Pizza is so personal to every citizen because it’s introduced to us at such a young age and so often. Fridays after school you’d get pizza. Sleepovers you’d have pizza. If you read a book you got pizza. Kid’s love it and it’s affordable. As we develop pizza binds itself to our DNA. Whether we realize it or not pizza is a dish that has made a tremendous impact on us all. It’s a food for everyone.
When I delivered pizzas it wasn’t uncommon to take two pies out for delivery, one to a house that looked like could have been a half-way house and the other being a tiny mansion in the city. The only difference being the amount of 2-Litre Pepsi bottles I had to carry up their steps.

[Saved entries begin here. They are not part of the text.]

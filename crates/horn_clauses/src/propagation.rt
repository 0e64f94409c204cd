// Propagation: which atoms hold is carried on from clause to clause.
ghost use Rattle.std.specs.Prelude.{◌≡◌, ◌<◌, ◌≤◌, ℕ, OnOk, IfOk, length, slice_index};
ghost use Rattle.std.specs.List.{All};
ghost use Rattle.horn_clauses.specs.Marks.{IsWithin, IsHeld, AreSound};
ghost use Rattle.horn_clauses.specs.Waiting.{IsSound};

use crate::Clause;
use std::alloc::{AllocError, Global};

// What is known so far, and which clause waits for what.
#[derive(Drop)]
struct Propagation {
    // Of each atom whether it is known to hold.
    marks: Vec<bool>,
    // Of each clause how many atoms at the front of its body are known to hold.
    places: Vec<usize>,
    // Of each atom a clause that waits for it.
    first_waiting: Vec<Option<usize>>,
    // Of each clause another that waits for the same atom.
    next_waiting: Vec<Option<usize>>,
    // The atoms that came to hold and have not been passed on yet.
    fresh: Vec<u32>,
}

// Marks the atoms that hold, all of which can be derived.
pub fn propagate(alloc: Global, count: u32, clauses: &[Clause]) -> Result<Vec<bool>, AllocError>
    requires { All (IsWithin count) clauses.now }
    ensures len { IfOk result (λ v. length v.items ≡ count) }
    ensures sound { IfOk result (λ v. AreSound clauses.now v.items) }
{
    let mut state = Propagation {
        marks: vec![in alloc; false; count as usize]?,
        places: vec![in alloc; 0; clauses.len()]?,
        first_waiting: vec![in alloc; None; count as usize]?,
        next_waiting: vec![in alloc; None; clauses.len()]?,
        fresh: Vec::new(alloc),
    };
    for number in 0..clauses.len() {
        settle(&mut state, clauses, number)?;
    }
    // Each atom comes to hold once at most.
    'atoms: for _ in 0..count {
        match state.fresh.pop() {
            Some(atom) => pass_on(&mut state, clauses, atom)?,
            None => break 'atoms,
        }
    }
    Ok(state.marks)
}

// Goes on with the clauses that wait for an atom which came to hold.
fn pass_on(state: &mut Propagation, clauses: &[Clause], atom: u32) -> Result<(), AllocError>
    requires within { All (IsWithin (length state.old.marks.items)) clauses.now }
    requires sound { IsSound clauses.now state.old }
    requires atom { atom < length state.old.marks.items }
    ensures sound { OnOk result (IsSound clauses.now state.new) }
    ensures len { OnOk result (length state.new.marks.items ≡ length state.old.marks.items) }
{
    let mut waiting = state.first_waiting[atom as usize];
    state.first_waiting[atom as usize] = None;
    // Each clause waits for the atom once at most.
    'chain: for _ in 0..clauses.len() {
        match waiting {
            Some(number) => {
                waiting = state.next_waiting[number];
                settle(state, clauses, number)?;
            }
            None => break 'chain,
        }
    }
    Ok(())
}

// Goes on with a clause: it comes to wait for the first atom of its body that is not known to hold, or its head holds.
fn settle(state: &mut Propagation, clauses: &[Clause], number: usize) -> Result<(), AllocError>
    requires within { All (IsWithin (length state.old.marks.items)) clauses.now }
    requires sound { IsSound clauses.now state.old }
    requires number { number < length clauses.now }
    ensures sound { OnOk result (IsSound clauses.now state.new) }
    ensures len { OnOk result (length state.new.marks.items ≡ length state.old.marks.items) }
{
    let clause = &clauses[number];
    let place = held_until(&clause.body, &state.marks, state.places[number]);
    state.places[number] = place;
    if place < clause.body.len() {
        let atom = clause.body[place] as usize;
        state.next_waiting[number] = state.first_waiting[atom];
        state.first_waiting[atom] = Some(number);
    } else if !state.marks[clause.head as usize] {
        state.fresh.push(clause.head)?;
        state.marks[clause.head as usize] = true;
    }
    Ok(())
}

// The first place of a body, from this one on, whose atom is not marked, or the body's length.
fn held_until(body: &[u32], marks: &[bool], place: usize) -> usize
    requires { All (λ a. a < length marks.now) body.now }
    ensures { (k : ℕ) → place ≤ k → k < result → IsHeld marks.now (slice_index body.now k) }
{
    let mut at = place;
    while at < body.len() && marks[body[at] as usize] {
        at += 1;
    }
    at
}
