// The notes on a finding.
ghost use Rattle.std.specs.Prelude.{◌≡◌, ◌++◌, ◌∷◌, ◌≤◌, ◌-◌, [], IfOk, OnOk, codes, length, map, option_map, string_bytes};
ghost use Rattle.explain_report.specs.Arms.{arms_view};
ghost use Rattle.rule_texts.specs.Rules.{help_of, phrase_view};
ghost use Rattle.explain_text.specs.Diagnostics.{note_view};
ghost use Rattle.explain_text.specs.Findings.{kind_view};
ghost use Rattle.explain_text.specs.Messages.{quoted_text};
ghost use Rattle.explain_text.specs.declared.diagnostics.NoteLevel.TheVariants as levels;
ghost use Rattle.explain_text.specs.Notes.{arm_line, arm_lines, arms_at, arms_note, arms_text, broken_notes, case_note, case_notes, count_note, help_notes, missing_notes, more_notes, notes_of, range_note, rest_lines, rule_words, unreached_words, words_note};

use crate::diagnostics::{Note, NoteLevel};
use crate::findings::Kind;
use crate::messages::{push_phrase, push_quoted};
use explain_places::{End, Place};
use rule_texts::{Phrase, rule_help};
use std::alloc::{AllocError, Global};

// How many missing cases are shown.
const MOST_CASES: usize = 8;

// How many arms to add are shown.
const MOST_ARMS: usize = 16;

// Words alone.
fn words_note(alloc: Global, level: NoteLevel, text: String) -> Note
    ensures { note_view result ≡ words_note level (string_bytes text) }
{
    Note {
        level,
        text,
        place: Place::Nowhere,
        comma: false,
        lines: Vec::new(alloc),
    }
}

// A missing case.
fn case_note(alloc: Global, witness: &str) -> Result<Note, AllocError>
    ensures { IfOk result (λ note. note_view note ≡ case_note witness.now) }
{
    let mut text = String::new(alloc);
    push_quoted(&mut text, "add an arm for `", witness, "`")?;
    Ok(words_note(alloc, NoteLevel::Help, text))
}

// Adds a note for each missing case.
fn add_cases(alloc: Global, notes: &mut Vec<Note>, witnesses: &[&str]) -> Result<(), AllocError>
    ensures { OnOk result (map note_view notes.new.items
        ≡ map note_view notes.old.items ++ map case_note (map (λ w. w.now) witnesses.now)) }
{
    for witness in witnesses {
        notes.push(case_note(alloc, witness)?)?;
    }
    Ok(())
}

// Adds how many missing cases are not shown.
fn add_more(alloc: Global, notes: &mut Vec<Note>, count: usize) -> Result<(), AllocError>
    ensures { OnOk result (map note_view notes.new.items ≡ map note_view notes.old.items ++ more_notes count) }
{
    if count == 0 {
        return Ok(());
    }
    let mut text = String::new(alloc);
    write!(text, "and for {count} more")?;
    notes.push(words_note(alloc, NoteLevel::Help, text))?;
    Ok(())
}

// How many cases a match leaves out.
fn count_note(alloc: Global, function: &str, count: usize) -> Result<Note, AllocError>
    ensures { IfOk result (λ note. note_view note ≡ count_note function.now count) }
{
    let mut text = String::from_str(alloc, "the match of `")?;
    text.push_str(function)?;
    text.push_str("` leaves cases out: ")?;
    write!(text, "{count}")?;
    Ok(words_note(alloc, NoteLevel::Note, text))
}

// The notes on missing cases without arms to add.
fn cases_noted(alloc: Global, function: &str, witnesses: &[&str]) -> Result<Vec<Note>, AllocError>
    ensures { IfOk result (λ notes. map note_view notes.items
        ≡ case_notes (map (λ w. w.now) witnesses.now) ++ count_note function.now (length witnesses.now) ∷ []) }
{
    let shown = MOST_CASES.min(witnesses.len());
    let mut notes = Vec::new(alloc);
    add_cases(alloc, &mut notes, &witnesses[..shown])?;
    add_more(alloc, &mut notes, witnesses.len() - shown)?;
    notes.push(count_note(alloc, function, witnesses.len())?)?;
    Ok(notes)
}

// What arms to add do.
fn arms_text(arms: &[String]) -> &'static str
    ensures { result.now ≡ arms_text (map string_bytes arms.now) }
{
    match arms {
        [] => "",
        [_] => {
            "ensure that all possible cases are being handled by adding a match arm with an explicit pattern as shown"
        }
        _ => {
            "ensure that all possible cases are being handled by adding multiple match arms as shown"
        }
    }
}

// An arm to add.
fn arm_line(alloc: Global, pattern: &str) -> Result<String, AllocError>
    ensures { IfOk result (λ line. string_bytes line ≡ arm_line pattern.now) }
{
    let mut line = String::from_str(alloc, pattern)?;
    line.push_str(" => todo!(),")?;
    Ok(line)
}

// Adds arms to add.
fn add_arms(alloc: Global, lines: &mut Vec<String>, arms: &[String]) -> Result<(), AllocError>
    ensures { OnOk result (map string_bytes lines.new.items
        ≡ map string_bytes lines.old.items ++ map arm_line (map string_bytes arms.now)) }
{
    for arm in arms {
        lines.push(arm_line(alloc, arm.as_str())?)?;
    }
    Ok(())
}

// Adds an arm for so many that are not shown.
fn add_rest(alloc: Global, lines: &mut Vec<String>, count: usize) -> Result<(), AllocError>
    ensures { OnOk result (map string_bytes lines.new.items ≡ map string_bytes lines.old.items ++ rest_lines count) }
{
    if count == 0 {
        return Ok(());
    }
    let mut line = String::new(alloc);
    write!(line, "_ => todo!(), // the other cases: {count}")?;
    lines.push(line)?;
    Ok(())
}

// The lines of arms to add.
fn arm_lines(alloc: Global, arms: &[String]) -> Result<Vec<String>, AllocError>
    ensures { IfOk result (λ lines. map string_bytes lines.items ≡ arm_lines (map string_bytes arms.now)) }
{
    let shown = MOST_ARMS.min(arms.len());
    let mut lines = Vec::new(alloc);
    add_arms(alloc, &mut lines, &arms[..shown])?;
    add_rest(alloc, &mut lines, arms.len() - shown)?;
    Ok(lines)
}

// Arms to add there.
fn arms_note(alloc: Global, end: End, arms: &[String]) -> Result<Note, AllocError>
    ensures { IfOk result (λ note. note_view note ≡ arms_note end (map string_bytes arms.now)) }
{
    let text = String::from_str(alloc, arms_text(arms))?;
    let lines = arm_lines(alloc, arms)?;
    Ok(Note {
        level: NoteLevel::Help,
        text,
        place: end.place,
        comma: end.comma,
        lines,
    })
}

// The notes on missing cases, and on the arms to add where there are some.
fn missing_notes(
    alloc: Global,
    function: &str,
    end: End,
    witnesses: &[&str],
    arms: &[String],
) -> Result<Vec<Note>, AllocError>
    ensures { IfOk result (λ notes. map note_view notes.items
        ≡ missing_notes function.now end (map (λ w. w.now) witnesses.now) (map string_bytes arms.now)) }
{
    match arms {
        [] => cases_noted(alloc, function, witnesses),
        [_, ..] => {
            let mut notes = Vec::new(alloc);
            notes.push(count_note(alloc, function, witnesses.len())?)?;
            notes.push(arms_note(alloc, end, arms)?)?;
            Ok(notes)
        }
    }
}

// The arms of the function of this number.
fn arms_at(all: &[Vec<String>], number: usize) -> &[String]
    ensures { map string_bytes result.now ≡ arms_at (map arms_view all.now) number }
{
    match all.get(number) {
        Some(arms) => arms.as_slice(),
        None => &[],
    }
}

// The last words on what no value reaches.
fn unreached_words(whole: bool) -> &'static str
    ensures { result.now ≡ unreached_words whole }
{
    if whole {
        "` reaches this arm"
    } else {
        "` reaches this alternative"
    }
}

// One note of words alone.
fn one_note(alloc: Global, text: String) -> Result<Vec<Note>, AllocError>
    ensures { IfOk result (λ notes. map note_view notes.items
        ≡ words_note levels.Note (string_bytes text) ∷ []) }
{
    let mut notes = Vec::new(alloc);
    notes.push(words_note(alloc, NoteLevel::Note, text))?;
    Ok(notes)
}

// Adds what can be done at what has this name, where there is advice.
fn add_help(
    alloc: Global,
    notes: &mut Vec<Note>,
    name: &str,
    words: Option<Phrase>,
) -> Result<(), AllocError>
    ensures { OnOk result (map note_view notes.new.items
        ≡ map note_view notes.old.items ++ help_notes name.now (option_map phrase_view words)) }
{
    match words {
        Some(phrase) => {
            let mut text = String::new(alloc);
            push_phrase(&mut text, name, phrase)?;
            notes.push(words_note(alloc, NoteLevel::Help, text))?;
            Ok(())
        }
        None => Ok(()),
    }
}

// That a rule is broken at what has this name, and what can be done.
fn broken_notes(alloc: Global, text: String, rule: u64, name: &str) -> Result<Vec<Note>, AllocError>
    ensures { IfOk result (λ notes. map note_view notes.items ≡ broken_notes (string_bytes text) rule name.now) }
{
    let mut notes = one_note(alloc, text)?;
    add_help(alloc, &mut notes, name, rule_help(rule))?;
    Ok(notes)
}

// The notes on ranges that overlap: the other one, and what was meant.
fn overlap_notes(alloc: Global, other: Place) -> Result<Vec<Note>, AllocError>
    ensures { IfOk result (λ notes. map note_view notes.items ≡ range_note other
        ∷ words_note levels.Note (codes "you likely meant to write mutually exclusive ranges") ∷ []) }
{
    let text = String::from_str(alloc, "... with this range")?;
    let mut notes = Vec::new(alloc);
    notes.push(Note {
        level: NoteLevel::Note,
        text,
        place: other,
        comma: false,
        lines: Vec::new(alloc),
    })?;
    let text = String::from_str(alloc, "you likely meant to write mutually exclusive ranges")?;
    notes.push(words_note(alloc, NoteLevel::Note, text))?;
    Ok(notes)
}

// Adds that a rule is broken, behind who breaks it.
fn push_rule(text: &mut String, rule: u64, name: &str) -> Result<(), AllocError>
    ensures { OnOk result (string_bytes text.new ≡ string_bytes text.old ++ rule_words rule name.now) }
{
    text.push_str(" breaks rule ")?;
    write!(text, "{rule}")?;
    push_quoted(text, " (", name, ")")?;
    Ok(())
}

// That a function breaks a rule.
fn refused_text(alloc: Global, function: &str, rule: u64, name: &str) -> Result<String, AllocError>
    ensures { IfOk result (λ text. string_bytes text
        ≡ quoted_text (codes "`") function.now (codes "`") ++ rule_words rule name.now) }
{
    let mut text = String::new(alloc);
    push_quoted(&mut text, "`", function, "`")?;
    push_rule(&mut text, rule, name)?;
    Ok(text)
}

// That the file does.
fn file_refused_text(alloc: Global, rule: u64, name: &str) -> Result<String, AllocError>
    ensures { IfOk result (λ text. string_bytes text ≡ codes "the file" ++ rule_words rule name.now) }
{
    let mut text = String::from_str(alloc, "the file")?;
    push_rule(&mut text, rule, name)?;
    Ok(text)
}

// That no value reaches an arm or an alternative.
fn unreached_text(alloc: Global, function: &str, whole: bool) -> Result<String, AllocError>
    ensures { IfOk result (λ text. string_bytes text
        ≡ quoted_text (codes "no value of the match of `") function.now (unreached_words whole)) }
{
    let mut text = String::new(alloc);
    push_quoted(
        &mut text,
        "no value of the match of `",
        function,
        unreached_words(whole),
    )?;
    Ok(text)
}

// The notes on a finding at what has this name, by the arms to add to each function.
pub(crate) fn notes_of(
    alloc: Global,
    arms: &[Vec<String>],
    name: &str,
    kind: &Kind<'_, '_>,
) -> Result<Vec<Note>, AllocError>
    ensures { IfOk result (λ notes. map note_view notes.items
        ≡ notes_of (map arms_view arms.now) name.now (kind_view kind.now)) }
{
    match kind {
        Kind::Missing {
            function,
            number,
            end,
            witnesses,
        } => missing_notes(alloc, function, *end, witnesses, arms_at(arms, *number)),
        Kind::Unreached { function, whole } => {
            one_note(alloc, unreached_text(alloc, function, *whole)?)
        }
        Kind::Overlap { other, .. } => overlap_notes(alloc, *other),
        Kind::Refused {
            function,
            rule,
            name: rule_name,
        } => {
            let text = refused_text(alloc, function, *rule, rule_name)?;
            broken_notes(alloc, text, *rule, name)
        }
        Kind::FileRefused {
            rule,
            name: rule_name,
        } => {
            let text = file_refused_text(alloc, *rule, rule_name)?;
            broken_notes(alloc, text, *rule, name)
        }
    }
}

Before long Pittsburgh won’t be heralded for its medical advancements or sports teams. Or its education institutions or livability. Or whatever criteria someone decides to use to rank cities. Pittsburgh will be known far and wide for its illustrious pizza eco-system. And the fact that this basic food is thriving in Pizza is all you need to see to see that Pittsburgh is doing better than ever.
Pizza is a food of the people. As Pittsburgh grows and thrives it only makes sense that more pizza shops open up to meet the demand of every Pittsburgher.